A rarity in Paris, the Louvre post office is well known for its 7-days-a-week and near 24-hours-a-day service. Besides being the only post office with that claim, it is also the most frequented one in the city. But those in the habit of sending packages at all hours of the night will have to (temporarily) seek other arrangements, as the building undergoes extensive changes both inside and out.
The ambitious renovations will bring not only a new look but new life to the building, offering a myriad of services from a luxury boutique hotel to social housing to a workspace for young entrepreneurs.

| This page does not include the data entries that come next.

//! Finds a partition of a disk by its number.
ghost use Rattle.std.specs.Prelude.{◌≡◌, ◌<◌, ◌≤◌, ◌^◌, true, OnOk, IfOk, IfErr, IfSome, find as find_first};
ghost use Rattle.std.specs.List.{list_any};
ghost use Rattle.faulty_source.specs.SourceChanges.{Stays};
ghost use Rattle.partition_domain.specs.Table.{is_extended, is_protective};
ghost use Rattle.partition_domain.specs.Reads.{losses_after};
ghost use Rattle.partition_domain.specs.Steps.{Searches, partition_at};

use crate::chain::follow_chain;
use crate::read::read_table;
use crate::stop::{Refusal, SearchStop};
use crate::table::{Partition, Table, TableEntry};
use faulty_source::source::Source;

/// How many partitions are entries of the first record.
const PRIMARIES: u64 = 4;

/// Whether one of the entries protects the disk.
fn is_protected(table: &Table) -> bool
    ensures { result ≡ list_any is_protective table.now }
{
    table.iter().any(|entry| entry.is_protective())
}

/// The first entry of an extended partition.
fn find_extended(table: &Table) -> Option<TableEntry>
    ensures { result ≡ find_first is_extended table.now }
{
    for entry in table {
        if entry.is_extended() {
            return Some(*entry);
        }
    }
    None
}

/// The partition of an entry, counted from 1, if it is used.
fn partition_at(table: &Table, k: u64) -> Option<Partition>
    requires low { 1 ≤ k }
    requires high { k ≤ 4 }
    ensures is { result ≡ partition_at table.now k }
    ensures near { IfSome result (λ p. (p.first < 2 ^ 34) × (p.count < 2 ^ 32)) }
{
    let entry = table[(k - 1) as usize];
    if entry.is_used() {
        Some(entry.partition())
    } else {
        None
    }
}

/// Finds partition k of an open input.
///
/// # Errors
///
/// `SourceLost`; `Unread` and `NoSignature` of a record; `Protective`; `NoPartition`; `ChainTooLong`.
pub fn find_partition<S: Source>(source: &mut S, k: u64) -> Result<Partition, SearchStop>
    requires opened { (S.state source.old).is_open ≡ true }
    requires counted { 1 ≤ k }
    ensures searches { Searches k result (S.state source.old) (S.state source.new) }
    ensures stays { Stays (S.state source.old) (S.state source.new) }
    ensures kept { OnOk result ((S.state source.new).losses ≡ (S.state source.old).losses) }
    ensures cause { IfErr result (λ stop. (S.state source.new).losses ≡ losses_after stop (S.state source.old).losses) }
    ensures near { IfOk result (λ p. (p.first < 2 ^ 34) × (p.count < 2 ^ 32)) }
{
    let main = read_table(source, 0)?;
    if is_protected(&main) {
        return Err(SearchStop::Refused(Refusal::Protective));
    }
    if k <= PRIMARIES {
        return match partition_at(&main, k) {
            Some(partition) => Ok(partition),
            None => Err(SearchStop::Refused(Refusal::NoPartition)),
        };
    }
    match find_extended(&main) {
        Some(entry) => follow_chain(source, entry.first, k),
        None => Err(SearchStop::Refused(Refusal::NoPartition)),
    }
}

Construction for the project has already begun and is estimated to continue for the next two and a half years. During this time, La Poste has set up a temporary post office with extended hours nearby on the rue Etienne Marcel – although not quite matching the 24/7 feat of the Louvre office.
The lead architect on the project, Dominique Perrault, was selected by the French postal services Groupe La Poste and Poste Immo. Mr. Perrault has a long record of contributing to the Parisian landscape, most notably with his design of the Francois-Mitterand Library in the 14th arrondissement, which opened in 1996. With an investment of 140 million euros, the completed project aims to increase the building’s value and generate greater revenue through a more active use of its 35,000 square meters.
The new activities in the building will be integrated throughout, starting on the top floor with a boutique 4- star hotel with 80 rooms. Another floor of the building will transform into 10,000 square meters of office space. Next door, entrepreneur Laurent Taïb, founder of the restaurant Kong, opens a new restaurant with an impressive outdoor terrace. At street level, the post office will maintain its historic role, but will grow to include a police station, a co-working space, a daycare center and a social housing program.
Original plans set construction to start in 2012, but have faced delays until last month. Groups like the Paris Historical Society protested the project, fearing that the integrity of the building’s structure could be compromised and attempted to have the building classified as a historic landmark. Despite this opposition, the Parisian municipal government ultimately approved the plans, determining that the space could be best used by maximizing the services it can host and offer to the city.
Those in need of midnight mailings can plan to return to the revamped building sometime in early 2018.